Ainen exhaled through his nose. "You people love your little phrases."
"You will love them less by the end," the spirit said, and the sand opened, and dropped him into the country beneath.
He came up in a canyon of red rock riddled with caves, and the first thing that came for him came out of one of those caves on too many legs, a fast pale creature all chitin and hunger, and it crossed the ground toward him faster than anything that size had a right to move. Ainen was not helpless. A man did not survive to cook at the Regalons’ table without being able to fight, and he met it with a strength and a speed that had surprised many people who mistook the cook for soft. He hit it hard enough to stagger a bull.
It did not stagger. It ate the blow, and it kept coming, and it opened his shoulder to the bone before he got clear.
[Exceed Monster.]
"Naturally," Ainen said, clamping a hand over the wound and retreating up the rocks. "Naturally the appetizer bites back."
He was, for all his complaining, a patient man, and patience was the whole of this test. Nine days he spent learning the pale thing, and nine days it shrugged off everything he had, immune to strength, to heat, to the sharp fast strikes that had ended tougher-looking monsters. There was one thing. Ainen went looking for it the way he went looking for the one ingredient that would make a difficult dish finally come together, tasting the world, testing it, refusing to give up on the notion that somewhere in this wasteland there was the exact thing this creature could not stomach.
He found it, fittingly, by following the good smell.

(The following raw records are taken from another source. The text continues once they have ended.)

//! The members for which a netgroup or a non-Unix group stands.
ghost use Rattle.std.specs.Prelude.{◌≡◌, ◌≤◌, ◌<◌, ◌+◌, ◌++◌, IfOk, IsTrue, OnOk, drop, length, max, take};
ghost use Rattle.std.specs.List.{list_all, list_any, take_while};
ghost use Rattle.sudo_grammar.specs.Words as words;
ghost use Rattle.sudo_text.specs.Bytes.{is_digit};
ghost use Rattle.sudo_parser.specs.Texts.{user_text};
ghost use Rattle.review_texts.specs.Body.MemberLists.{with_member_if};
ghost use Rattle.review_texts.specs.Netgroups as spec;

use crate::bytes::{from, front, is_blank, is_control, is_digit, is_mark_byte, is_text, peek};
use crate::options::is_name_byte;
use audit_files::Triple;
use std::alloc::{AllocError, Global};
use sudo_grammar::{Atom, Signed};
use sudo_parser::member_text;
use sudo_text::Seq;

/// What a file states members of.
#[derive(Clone, Copy, Debug, PartialEq, Eq)]
pub enum Group {
    /// A netgroup, `+name`.
    Net,
    /// A group that only a plugin of sudo knows, `%:name`.
    NonUnix,
}

/// The kind of members for which a group stands.
#[derive(Clone, Copy, Debug, PartialEq, Eq)]
pub enum Members {
    Users,
    Hosts,
}

// Returns a user as a member of a list.
fn user_text(alloc: Global, name: &[u8]) -> Result<Seq<u8>, AllocError>
    ensures { IfOk result (λ text. text ≡ user_text name.now) }
{
    let atom = Atom::Name(Seq::from_slice(alloc, name)?);
    let member = Signed {
        negated: false,
        atom,
    };
    Ok(Seq::from_vec(member_text(alloc, &member)?))
}

fn begins_upper(name: &[u8]) -> bool
    ensures { result ≡ words.begins_upper name.now }
{
    match name {
        [] => false,
        [first, ..] => first.is_ascii_uppercase(),
    }
}

fn has_name_bytes(name: &[u8]) -> bool
    ensures { result ≡ list_all words.is_name_byte name.now }
{
    name.iter().all(|byte| is_name_byte(*byte))
}

/// Returns a host as a member of a list.
pub(crate) fn host_text(alloc: Global, name: &[u8]) -> Result<Seq<u8>, AllocError>
    ensures { IfOk result (λ text. text ≡ spec.host_text name.now) }
{
    if !(begins_upper(name) && has_name_bytes(name)) {
        return Seq::from_slice(alloc, name);
    }
    let mut text = Seq::from_slice(alloc, b"\\")?;
    text.extend_from_slice(name)?;
    Ok(text)
}

// Returns a user or a host as a member of a list.
fn name_text(alloc: Global, kind: Members, name: &[u8]) -> Result<Seq<u8>, AllocError>
    ensures { IfOk result (λ text. text ≡ spec.name_text kind name.now) }
{
    match kind {
        Members::Users => user_text(alloc, name),
        Members::Hosts => host_text(alloc, name),
    }
}

// Returns the field of a triple that is read in a list.
fn field_in(kind: Members, triple: &Triple) -> &[u8]
    ensures { result.now ≡ spec.field_in kind triple.now }
{
    match kind {
        Members::Users => triple.user.as_slice(),
        Members::Hosts => triple.host.as_slice(),
    }
}

// Returns the member that a field stands for, if any.
fn member_for(alloc: Global, kind: Members, field: &[u8]) -> Result<Option<Seq<u8>>, AllocError>
    ensures { IfOk result (λ member. member ≡ spec.member_for kind field.now) }
{
    if field.is_empty() {
        return Ok(Some(Seq::from_slice(alloc, b"ALL")?));
    }
    if is_text(field, b"-") {
        return Ok(None);
    }
    Ok(Some(name_text(alloc, kind, field)?))
}

// Returns the member that a triple adds to the list of a group, if any.
fn member_of(
    alloc: Global,
    kind: Members,
    name: &[u8],
    triple: &Triple,
) -> Result<Option<Seq<u8>>, AllocError>
    ensures { IfOk result (λ member. member ≡ spec.member_of kind name.now triple.now) }
{
    if !is_text(triple.netgroup.as_slice(), name) {
        return Ok(None);
    }
    member_for(alloc, kind, field_in(kind, triple))
}

/// Appends a member to a list, behind a comma and this sign if it is not the first.
pub(crate) fn push_member(
    sign: &[u8],
    member: Seq<u8>,
    list: &mut Seq<u8>,
) -> Result<(), AllocError>
    ensures { OnOk result (list.new ≡ spec.with_member sign.now list.old member) }
{
    if !list.is_empty() {
        list.push(b',')?;
        list.extend_from_slice(sign)?;
    }
    list.append(member)
}

// Appends the member that a triple adds to the list of a group, if any.
fn push_triple(
    alloc: Global,
    kind: Members,
    sign: &[u8],
    name: &[u8],
    triple: &Triple,
    list: &mut Seq<u8>,
) -> Result<(), AllocError>
    ensures { OnOk result (list.new
        ≡ with_member_if sign.now list.old (spec.member_of kind name.now triple.now)) }
{
    match member_of(alloc, kind, name, triple)? {
        Some(member) => push_member(sign, member, list),
        None => Ok(()),
    }
}

// Returns the list of the members that triples add to that of a group.
fn members_of(
    alloc: Global,
    kind: Members,
    sign: &[u8],
    name: &[u8],
    triples: &[Triple],
) -> Result<Seq<u8>, AllocError>
    ensures { IfOk result (λ list. list ≡ spec.members_of kind sign.now name.now triples.now) }
{
    let mut list = Seq::new(alloc);
    let mut left = triples;
    while let Some((triple, rest)) = left.split_first() {
        push_triple(alloc, kind, sign, name, triple, &mut list)?;
        left = rest;
    }
    Ok(list)
}

/// Returns what stands for a group without members.
pub(crate) fn nobody(kind: Members) -> &'static [u8]
    ensures { result.now ≡ spec.nobody kind }
{
    match kind {
        Members::Users => b"\\x00",
        Members::Hosts => b"[z-a]",
    }
}

/// Returns the list that stands for a group: its members of a kind, each but the first behind a comma and a sign, or one that
/// nobody is. Returns `AllocError` if allocation fails.
pub(crate) fn list_for(
    alloc: Global,
    kind: Members,
    known: &[Triple],
    sign: &[u8],
    name: &[u8],
) -> Result<Seq<u8>, AllocError>
    ensures { IfOk result (λ list. list ≡ spec.list_for kind known.now sign.now name.now) }
{
    let list = members_of(alloc, kind, sign, name, known)?;
    if list.is_empty() {
        return Seq::from_slice(alloc, nobody(kind));
    }
    Ok(list)
}

// Whether a group is known.
fn is_known(known: &[Triple], name: &[u8]) -> bool
    ensures { result ≡ spec.is_known known.now name.now }
{
    known
        .iter()
        .any(|triple| is_text(triple.netgroup.as_slice(), name))
}

// Returns the offset of the mark of a group at an offset.
fn mark_at(text: &[u8], at: usize) -> usize
    requires { at ≤ length text.now }
    ensures mark { result ≡ spec.mark_at text.now at }
    ensures near { result ≤ at + 1 }
{
    if peek(text, at) == b'"' { at + 1 } else { at }
}

// Returns the length of the mark of a group.
fn mark_len(group: Group) -> usize
    ensures len { result ≡ spec.mark_len group }
    ensures short { result ≤ 2 }
{
    match group {
        Group::Net => 1,
        Group::NonUnix => 2,
    }
}

// Whether the mark of a group stands at an offset.
fn is_marked(group: Group, text: &[u8], at: usize) -> bool
    requires { at ≤ length text.now + 1 }
    ensures { result ≡ spec.is_marked group text.now at }
{
    match group {
        Group::Net => peek(text, at) == b'+',
        Group::NonUnix => peek(text, at) == b'%' && peek(text, at + 1) == b':',
    }
}

// Whether a byte may stand in a name between double quotes.
fn is_quoted_byte(byte: u8) -> bool
    ensures { result ≡ spec.is_quoted_byte byte }
{
    !(is_control(byte) || byte == b'"' || byte == b'\\')
}

// Whether a byte may stand in a name without double quotes.
fn is_bare_byte(byte: u8) -> bool
    ensures { result ≡ spec.is_bare_byte byte }
{
    is_quoted_byte(byte) && !(is_blank(byte) || is_mark_byte(byte) || byte == b'#')
}

// Whether `#` and a digit begin a text.
fn is_id(text: &[u8]) -> bool
    ensures { result ≡ spec.is_id text.now }
{
    peek(text, 0) == b'#' && is_digit(peek(text, 1))
}

// Returns the number of digits that begin a text.
fn digit_count(text: &[u8]) -> usize
    ensures count { result ≡ length (take_while is_digit text.now) }
    ensures within { result ≤ length text.now }
{
    text.iter().take_while(|byte| is_digit(**byte)).count()
}

// Returns the number of bytes that begin a text and may stand in a name without double quotes.
fn bare_count(text: &[u8]) -> usize
    ensures count { result ≡ length (take_while spec.is_bare_byte text.now) }
    ensures within { result ≤ length text.now }
{
    text.iter().take_while(|byte| is_bare_byte(**byte)).count()
}

// Returns the number of bytes of a name between double quotes that begins a text.
fn quoted_count(text: &[u8]) -> usize
    ensures count { result ≡ length (take_while spec.is_quoted_byte text.now) }
    ensures within { result ≤ length text.now }
{
    text.iter()
        .take_while(|byte| is_quoted_byte(**byte))
        .count()
}

// Returns the number of bytes of a name without double quotes that begins a text.
fn bare_len(group: Group, text: &[u8]) -> usize
    ensures len { result ≡ spec.bare_len group text.now }
    ensures within { result ≤ length text.now + 1 }
{
    match group {
        Group::Net => bare_count(text),
        Group::NonUnix => {
            if is_id(text) {
                1 + digit_count(from(text, 1))
            } else {
                bare_count(text)
            }
        }
    }
}

// Returns the number of bytes of a name that begins a text.
fn name_len(group: Group, quoted: bool, text: &[u8]) -> usize
    ensures len { result ≡ spec.name_len group quoted text.now }
    ensures within { result ≤ length text.now + 1 }
{
    if quoted {
        quoted_count(text)
    } else {
        bare_len(group, text)
    }
}

// Returns the length of the name of the group at an offset.
fn len_at(group: Group, text: &[u8], at: usize) -> usize
    requires { at ≤ length text.now }
    ensures len { result ≡ spec.len_at group text.now at }
    ensures within { result ≤ length text.now + 1 }
{
    let rest = from(text, mark_at(text, at) + mark_len(group));
    name_len(group, peek(text, at) == b'"', rest)
}

/// Returns the name of the group at an offset, as a file has it.
pub(crate) fn group_at(group: Group, text: &[u8], at: usize) -> &[u8]
    requires { at ≤ length text.now }
    ensures { result.now ≡ spec.group_at group text.now at }
{
    let len = len_at(group, text, at);
    let mark = mark_at(text, at);
    match group {
        Group::Net => front(from(text, mark + 1), len),
        Group::NonUnix => front(from(text, mark), len + 2),
    }
}

// Returns the offset behind that name.
fn group_stop(group: Group, text: &[u8], at: usize) -> usize
    requires { at ≤ length text.now }
    ensures stop { result ≡ spec.group_stop group text.now at }
    ensures within { result ≤ at + length text.now + 4 }
{
    mark_at(text, at) + mark_len(group) + len_at(group, text, at)
}

/// Returns the end of the group at an offset.
pub(crate) fn group_end(group: Group, text: &[u8], at: usize) -> usize
    requires { at ≤ length text.now }
    ensures { result ≡ spec.group_end group text.now at }
{
    let stop = group_stop(group, text, at);
    if peek(text, at) == b'"' {
        stop + 1
    } else {
        stop
    }
}

/// Whether a text ends at an offset, or a blank, a mark or a comment stands there.
pub(crate) fn ends_item(text: &[u8], at: usize) -> bool
    ensures { result ≡ spec.ends_item text.now at }
{
    text.len() <= at
        || is_blank(peek(text, at))
        || is_mark_byte(peek(text, at))
        || peek(text, at) == b'#'
}

// Whether the name of a group at an offset ends, and its item with it.
fn ends_name(group: Group, text: &[u8], at: usize) -> bool
    requires { at ≤ length text.now }
    ensures { result ≡ spec.ends_name group text.now at }
{
    let stop = group_stop(group, text, at);
    if peek(text, at) == b'"' {
        peek(text, stop) == b'"' && ends_item(text, stop + 1)
    } else {
        ends_item(text, stop)
    }
}

// Whether the name of a group at an offset is one of such a group.
fn is_named(group: Group, text: &[u8], at: usize) -> bool
    requires { at ≤ length text.now }
    ensures { result ≡ spec.is_named group text.now at }
{
    match group {
        Group::Net => !group_at(group, text, at).starts_with(b"%:"),
        Group::NonUnix => len_at(group, text, at) > 0,
    }
}

/// Whether a group that is known is spelled at an offset.
#[tactic(auto, unfolding(crate::specs::Netgroups::spells_group))]
pub(crate) fn spells_group(group: Group, known: &[Triple], text: &[u8], at: usize) -> bool
    requires { at ≤ length text.now }
    ensures { result ≡ spec.spells_group group known.now text.now at }
{
    is_marked(group, text, mark_at(text, at))
        && ends_name(group, text, at)
        && is_named(group, text, at)
        && is_known(known, group_at(group, text, at))
}

// Returns the number of exclamation marks and blanks that end a text.
fn sign_len(text: &[u8]) -> usize
    ensures len { result ≡ spec.sign_len text.now }
    ensures within { result ≤ length text.now }
{
    text.iter()
        .rev()
        .take_while(|byte| is_blank(**byte) || **byte == b'!')
        .count()
}

/// Returns the sign of the member that begins behind a text: `!` or nothing.
pub(crate) fn sign_at(text: &[u8]) -> &'static [u8]
    ensures { result.now ≡ spec.sign_at text.now }
{
    let marks = &text[text.len() - sign_len(text)..];
    if marks.iter().filter(|byte| **byte == b'!').count() % 2 == 1 {
        b"!"
    } else {
        b""
    }
}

The roasting-spice scent that had greeted him at the door was real, and it came from a single gnarled bush growing in the deepest, hottest part of the canyon, hung with small black seed-pods that gave off that rich dark aroma as they baked in the triple sun. Ainen crushed one out of pure habit, to smell it properly, and where the oil of it touched the red rock the stone hissed and pitted and dissolved. He stood very still and looked at the ruined patch of stone and then at the pale creature’s tracks, which he now realized never once came within a hundred paces of this bush, and something in him that had spent a lifetime reading flavors clicked satisfyingly into place.
"There you are," he said softly. "You have been avoiding the seasoning."
He could not fabricate and he could not enchant, but he could prepare, and that was a craft all its own. He gathered the black pods and he worked their oil with the care of a man reducing a sauce, cooking it down over three days until it was thick and terrible and would eat through anything it touched but the pod’s own charred husk, and he coated a blade of husk-hard rock in it, and on the tenth day he stood in the open and let the pale thing come.
It came fast, the way it always came, all chitin and appetite, and Ainen did not run. He let it reach him, let it open its jaws to take him whole, and he put the seasoned blade straight down its throat into the soft dark heart of it, and the creature that had been immune to everything the world could do to it discovered, in its final moment, the one flavor it could not survive.
It came apart in the red sand, hissing, dissolving, and Ainen sat down heavily on a warm rock and pressed a hand to his ruined shoulder and watched it go.
The three suns spelled it across the sky between them.
[1/100]
Ainen read it, and sighed, and let his head drop back against the rock.
"One hundred," he said, to nobody, to the heat, to the good dark smell still hanging on the wind. "The sane version of me picked an Epic."
Then he got up, because the seasoning would not gather itself, and went looking for the next one.